Task directions> Your answer should be every line with the word "const", copied from the data below.

-------- Study material

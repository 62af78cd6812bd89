//! The plan of the parts of a group's files.
ghost use Rattle.std.specs.Prelude.{◌≤◌};

use crate::plans::{DocumentFile, FileStop, plan_of, unread};
use crate::tell::{SUCCESS, tell_mistake, tell_stop};
use csvw_columns::Plan;
use csvw_command_core::SplitFiles;
use csvw_engine::Stop;
use csvw_files::Opener;
use csvw_part_plan::{Piece, write_plan};
use csvw_split::{SplitStop, TableFile, split};
use csvw_text::{Counted, Seq};
use std::alloc::Global;
use std::io::Write;

/// What is told of a file whose length isn't known.
const NO_LENGTH: &str = "csvw: standard input can't be split, and no pipe can: name files\n";

/// Why there is no plan.
#[derive(Drop)]
enum NoPlan<'a> {
    /// A file can't be read, or the run stops.
    Stop(FileStop<'a>),
    /// The length of a file isn't known.
    NoLength,
}

impl<'a> From<Stop> for NoPlan<'a> {
    fn from(stop: Stop) -> NoPlan<'a> {
        NoPlan::Stop(FileStop::Stop(stop))
    }
}

/// Returns the stop of a run whose files can't be split. A plan has no dialect that reads no text, and its tables are
/// numbered from 1.
fn stop_of<'a>(stop: SplitStop, paths: &[&'a str]) -> FileStop<'a> {
    match stop {
        SplitStop::Memory => FileStop::Stop(Stop::Memory),
        SplitStop::TableCount => FileStop::Stop(Stop::TableCount),
        SplitStop::Dialect { .. } | SplitStop::NoPlan => FileStop::Stop(Stop::UnknownTable),
        SplitStop::Read { table } | SplitStop::Length { table } => unread(table, paths),
        SplitStop::Rows { table, row, stop } => { FileStop::Stop(Stop::Rows { table, row, stop }) }
    }
}

/// Opens a file whose length is known.
fn open_file<'a, O: Opener>(
    path: &'a str,
    opener: &mut O,
) -> Result<TableFile<O::Reader>, NoPlan<'a>> {
    let Some(reader) = opener.open(path) else {
        return Err(NoPlan::Stop(FileStop::Unread(path)));
    };
    let reader = Counted::new(reader);
    match opener.length(path) {
        Some(length) => Ok(TableFile { reader, length }),
        None => {
            opener.close(reader);
            Err(NoPlan::NoLength)
        }
    }
}

/// Opens the files of all tables.
fn open_files<'a, O: Opener>(
    alloc: Global,
    paths: &[&'a str],
    opener: &mut O,
) -> Result<Vec<TableFile<O::Reader>>, NoPlan<'a>> {
    let mut files = Vec::new(alloc);
    for path in paths {
        let file = open_file(path, opener)?;
        if files.push(file).is_err() {
            return Err(NoPlan::from(Stop::Memory));
        }
    }
    Ok(files)
}

/// Hands back the readers of all tables, in order.
fn close_files<O: Opener>(files: Vec<TableFile<O::Reader>>, opener: &mut O) {
    for file in files {
        opener.close(file.reader);
    }
}

/// Opens the files of planned tables, and returns the pieces of their parts.
fn split_files<'a, O: Opener>(
    alloc: Global,
    plan: &Plan,
    asked: &SplitFiles<'a>,
    opener: &mut O,
) -> Result<Seq<Piece>, NoPlan<'a>> {
    let mut files = open_files(alloc, asked.files.as_slice(), opener)?;
    let pieces = split(alloc, plan.tables(), files.as_mut_slice(), asked.parts);
    close_files(files, opener);
    match pieces {
        Ok(pieces) => Ok(pieces),
        Err(stop) => Err(NoPlan::Stop(stop_of(stop, asked.files.as_slice()))),
    }
}

/// Returns the pieces of the parts.
fn pieces_of<'a, O: Opener>(
    alloc: Global,
    asked: &'a SplitFiles<'a>,
    opener: &mut O,
) -> Result<Seq<Piece>, NoPlan<'a>> {
    let document = DocumentFile {
        path: asked.meta,
        base: asked.base,
        profile: asked.profile,
        resources: asked.resources.as_slice(),
    };
    match plan_of(alloc, document, opener) {
        Ok(plan) => split_files(alloc, &plan, asked, opener),
        Err(stop) => Err(NoPlan::Stop(stop)),
    }
}

/// Writes the plan of the parts of a group's files to `out`. Returns the status.
pub fn run_split<O: Opener, W: Write, V: Write>(
    alloc: Global,
    asked: &SplitFiles<'_>,
    opener: &mut O,
    out: &mut Counted<W>,
    err: &mut Counted<V>,
) -> u8
    ensures { result ≤ 4 }
{
    let pieces = match pieces_of(alloc, asked, opener) {
        Ok(pieces) => pieces,
        Err(NoPlan::Stop(stop)) => return stop.tell(opener, err),
        Err(NoPlan::NoLength) => return tell_mistake(NO_LENGTH, err),
    };
    if write_plan(pieces.as_slice(), out).is_err() || out.flush().is_err() {
        return tell_stop(&Stop::Write, err);
    }
    SUCCESS
}
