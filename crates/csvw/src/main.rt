//! `csvw`: CSV on the Web, validated and converted to RDF.
//!
//! # Promises
//!
//! - It is safe and ends. Only tests check that `main` hands the words, files and streams of its process to `command`.
//! - Only tests check what it shows at a terminal: colours, progress and the explanation of a stop.
#![tactic(auto)]

mod asked;
mod words;

use crate::asked::Asked;
use crate::words::words_of;
use csvw_command::{Colors, FileOpener, Opener, ProgressShown, command, tell_mistake, tell_stop};
use csvw_engine::Stop;
use csvw_text::Counted;
use std::alloc::Global;
use std::io::{self, BufWriter, IsTerminal, Stderr, Stdout};
use std::process::ExitCode;
use std::rt::{Env, Files};
use std::{env, fs};

/// How many bytes of the output are kept before they are written.
const BUFFERED: usize = 65_536;

/// The variable of the environment that asks for no colours.
const NO_COLOR: &str = "NO_COLOR";

/// The null device, which takes the descriptor of a standard stream that is closed: a file that is opened later gets none of theirs.
fn null_device<R: Files>(rt: &R) -> Option<R::File> {
    fs::open(rt, "/dev/null").ok()
}

/// Returns at which streams texts have colours: at terminals, if the environment doesn't ask for none.
fn colors<R: Env + AllocGlobal>(rt: &R, out: &Stdout, err: &Stderr) -> Colors {
    let are_wanted = match env::var(rt, NO_COLOR) {
        Ok(value) => value.is_empty(),
        Err(_) => true,
    };
    Colors {
        out: are_wanted && out.is_terminal(),
        err: are_wanted && err.is_terminal(),
    }
}

/// Returns whether the progress is shown: at a terminal, if standard output is none or if it is asked for.
fn progress(asked: Asked, out: &Stdout, err: &Stderr) -> ProgressShown {
    if err.is_terminal() && (asked.progress || !out.is_terminal()) {
        ProgressShown::Always
    } else {
        ProgressShown::Never
    }
}

/// Returns the words of the process.
///
/// Fails with `InvalidData` if a word is no UTF-8, and with another kind if memory runs out.
fn own_words(rt: &HostRuntime) -> io::Result<Vec<String>> {
    let alloc = rt.alloc();
    let words = env::args(rt)?.collect::<Vec<String>>(alloc)?;
    Ok(words_of(alloc, words, &rt.stderr())?)
}

/// Runs the program with a buffer before standard output. At the end the buffer is let go unsent: it is empty, or what a
/// failed write left of it.
fn run_buffered<O: Opener>(
    words: &[String],
    opener: &mut O,
    out: Stdout,
    err: &mut Counted<Stderr>,
    alloc: Global,
) -> u8 {
    let Ok(buffer) = BufWriter::with_capacity(alloc, BUFFERED, out) else {
        return tell_stop(&Stop::Memory, err);
    };
    let mut out = Counted::new(buffer);
    let status = command(alloc, words, opener, &mut out, err);
    let (_, _) = out.into_inner().into_parts();
    status
}

/// Runs the program on its words and the streams of its process.
fn run(rt: &HostRuntime, words: &[String], err: &mut Counted<Stderr>) -> u8 {
    let alloc = rt.alloc();
    let out = rt.stdout();
    let screen = rt.stderr();
    let asked = Asked::of(alloc, words);
    let opener = FileOpener::new(rt, rt.stdin());
    let mut opener = opener.showing(colors(rt, &out, &screen), progress(asked, &out, &screen));
    if asked.line_buffered || out.is_terminal() {
        // without a buffer: a line is one write
        let mut out = Counted::new(out);
        return command(alloc, words, &mut opener, &mut out, err);
    }
    run_buffered(words, &mut opener, out, err, alloc)
}

/// Says why there are no words.
fn tell_no_words(fault: &io::Error, err: &mut Counted<Stderr>) -> u8 {
    match fault.kind() {
        io::ErrorKind::InvalidData => {
            tell_mistake("csvw: a word of the command line is no UTF-8\n", err)
        }
        _ => tell_stop(&Stop::Memory, err),
    }
}

fn main(rt: HostRuntime) -> ExitCode {
    let _standard = (null_device(&rt), null_device(&rt), null_device(&rt));
    let mut err = Counted::new(rt.stderr());
    let status = match own_words(&rt) {
        Ok(words) => run(&rt, words.as_slice(), &mut err),
        Err(fault) => tell_no_words(&fault, &mut err),
    };
    ExitCode::from(status)
}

----------------

Your response>
const NO_LENGTH: &str = "csvw: standard input can't be split, and no pipe can: name files\n";
const BUFFERED: usize = 65_536;
const NO_COLOR: &str = "NO_COLOR";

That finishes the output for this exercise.